How much do our oversized McMansions need to shrink to be sustainable?
If the world used resources sustainably and equitably, the average home for a single person would be no larger than 215 square feet, and a four-person family would live in no more than 860 square feet.
As sustainability challenges grow, houses are also growing: Over the last seven decades, the average American house has nearly tripled in size at the same time as the number of people living in each household has dropped. “New construction of homes keeps getting bigger and bigger,” says Maurie Cohen, a professor at New Jersey Institute of Technology and author of a new paper reporting these conclusions, published in the journal Housing, Theory & Society. “It drops off during periods of recession, but then it recovers. And this was sort of part of an effort of trying to begin a discussion about developing a new housing paradigm that’s not so much focused on ‘bigger is better.’”
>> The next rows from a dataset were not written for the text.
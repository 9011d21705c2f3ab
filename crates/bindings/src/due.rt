//! The transfers of a notification that are left.

ghost use Rattle.std.specs.Prelude.{◌≡◌, [], ◌∷◌, ◌++◌, reverse, MatchOption, OnOk};
ghost use Rattle.bindings.specs.Due.{from_ready};

use crate::list::Bindings;
use std::alloc::{AllocError, Global};
use std::marker::Model;
use ui_machine::Slot;

/// A transfer that is due, by the number of its binding and its direction.
#[derive(Clone, Copy, Debug, PartialEq, Eq)]
pub struct DueTransfer {
    pub number: u64,
    /// Whether the value goes from the target back to the source.
    pub back: bool,
}

/// The transfers that a notification has still to make, in document order. They are stored in reverse: the last is made first.
#[derive(Debug, Drop)]
pub struct DueTransfers {
    left: Vec<DueTransfer>,
    /// The slot of the property that was notified.
    slot: Slot,
}

impl Model for DueTransfers {
    ghost use Rattle.std.specs.Prelude.{List, reverse};
    ghost use Rattle.bindings.specs.declared.due.DueTransfer.{DueTransfer};

    ghost Value = { List DueTransfer };

    ghost view = { λ d. reverse d.left.items };
}

impl DueTransfers {
    /// Creates a list without transfers. Takes no memory.
    pub fn new(alloc: Global) -> Self
        ensures { result ≡ [] }
    {
        DueTransfers {
            left: Vec::new(alloc),
            slot: 0,
        }
    }

    /// Uses an empty list for the transfers of a property's notification.
    pub(crate) fn in_list(left: Vec<DueTransfer>, slot: Slot) -> Self
        requires { left.items ≡ [] }
        ensures { result ≡ [] }
    {
        DueTransfers { left, slot }
    }

    /// Returns whether there is an allocated list, even if no transfers are left in it.
    pub(crate) fn has_list(&self) -> bool {
        self.left.capacity() > 0
    }

    /// Returns the list and the slot of the property that was notified.
    pub(crate) fn into_list(self) -> (Vec<DueTransfer>, Slot) {
        (self.left, self.slot)
    }

    /// Removes all transfers. The list keeps its memory.
    pub fn clear(&mut self)
        ensures { self.new ≡ [] }
    {
        self.left.clear();
    }

    // Puts a transfer before the others.
    pub(crate) fn put_first(&mut self, transfer: DueTransfer) -> Result<(), AllocError>
        ensures { OnOk result (self.new ≡ transfer ∷ self.old) }
    {
        self.left.push(transfer)?;
        Ok(())
    }

    /// Takes the next transfer, and passes over those whose binding has ended or is setting. Returns `None` if none is left.
    pub fn take_next(&mut self, bindings: &Bindings) -> Option<DueTransfer>
        ensures { MatchOption result
            ((from_ready bindings.now.bindings self.old ≡ []) × (self.new ≡ []))
            (λ transfer. from_ready bindings.now.bindings self.old ≡ transfer ∷ self.new) }
    {
        while let Some(transfer) = self.left.pop() {
            if bindings.is_ready(transfer.number) {
                return Some(transfer);
            }
        }
        None
    }
}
Cohen used data about global resource availability and consumption to make the calculations. “I operated under the presumption that if everyone around the world had access to what we might think of as an equitable amount of living space, what would that be?” he says. While an 860-square-foot house for a family of four sounds tiny by today’s standards, “in actual fact it’s not much smaller than what a standard size suburban house being built in the 1960s in the United States was, and it’s also only a little bit smaller than new construction is in some countries around the world, including the U.K.”
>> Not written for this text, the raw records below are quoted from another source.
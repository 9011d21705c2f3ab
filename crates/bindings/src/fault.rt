//! Errors of making a binding.

ghost use Rattle.std.specs.Prelude.{◌≡◌};
ghost use Rattle.bindings.specs.declared.fault.BindError.TheVariants.{OutOfMemory};

use std::alloc::{AllocError, AllocFailed};
use thiserror::Error;

/// The reason for which a binding is not made.
#[derive(Clone, Copy, Debug, PartialEq, Eq, Error)]
pub enum BindError {
    #[error("the numbers of bindings are used up")]
    BindingLimit,
    #[error("out of memory")]
    OutOfMemory,
}

impl From<AllocError> for BindError {
    ghost from_gives = { λ _ e. e ≡ OutOfMemory };

    fn from(_error: AllocError) -> BindError {
        BindError::OutOfMemory
    }
}

impl<T: Drop> From<AllocFailed<T>> for BindError {
    ghost from_gives = { λ _ e. e ≡ OutOfMemory };

    fn from(_error: AllocFailed<T>) -> BindError {
        BindError::OutOfMemory
    }
}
He argues that green building tech, like solar power, gets more attention than shrinking size, which also dramatically shrinks energy use and has other environmental benefits. “The design of sustainable communities is not about green technologies,” he says. “It’s about the underlying code. It’s about zoning. It’s about the building code. It’s about property taxes. In most communities, property taxes, in fact, incentivize people to build bigger rather than smaller because we don’t have a progressive system of property taxation. So these kind of boring things about zoning, and about taxes and about building codes—that’s where the change is going to occur.”
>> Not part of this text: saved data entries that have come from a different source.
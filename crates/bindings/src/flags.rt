//! Flags of a binding (GObject manual, GBindingFlags).

ghost use Rattle.std.specs.Prelude.{⊤, [], ◌∷◌, codes};

use bitflags::{Flag, Flags, bitflag_items};

/// The flags that say how a binding transfers values.
#[derive(Clone, Copy, Debug, PartialEq, Eq)]
pub struct BindingFlags(pub u32);

bitflag_items! {
    impl BindingFlags: u32 {
        const BIDIRECTIONAL = 1;
        const SYNC_CREATE = 2;
        const INVERT_BOOLEAN = 4;
    }
}

impl Flags for BindingFlags {
    type Bits = u32;

    ghost exact = { ⊤ };

    ghost table = { (codes "BIDIRECTIONAL", 1) ∷ (codes "SYNC_CREATE", 2) ∷ (codes "INVERT_BOOLEAN", 4) ∷ [] };

    ghost set_of = { λ p. p.0 };

    fn flags<'a>() -> &'a [Flag<BindingFlags>] {
        BindingFlags::FLAGS
    }

    fn bits(&self) -> u32 {
        self.0
    }

    fn from_bits_retain(bits: u32) -> BindingFlags {
        BindingFlags(bits)
    }
}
Making those changes in the U.S., obviously, is challenging, when the system is set up to reward bigger sizes—developers and real estate agents make more money selling larger houses, and cities earn more in taxes. Still, Cohen points to examples suggesting that there’s a growing willingness to live in smaller spaces. Cities such as L.A. are pushing for the construction of more tiny backyard houses to tackle the housing crisis. Coliving buildings—despite the demise of companies such as Campus, which once had nearly 30 shared housing spaces—continue to grow. Tiny houses are still popular (though Cohen notes that putting a tiny house in the woods, where many exist because city regulations don’t allow them, isn’t sustainable, since it forces people to drive). In Finland, a company called Kastelli makes tiny prefab homes, some around 500 square feet. In San Francisco, a developer building prefab apartment buildings has proposed 160-square-foot microapartments for people experiencing homelessness. “There does seem to be a shift taking place,” Cohen says.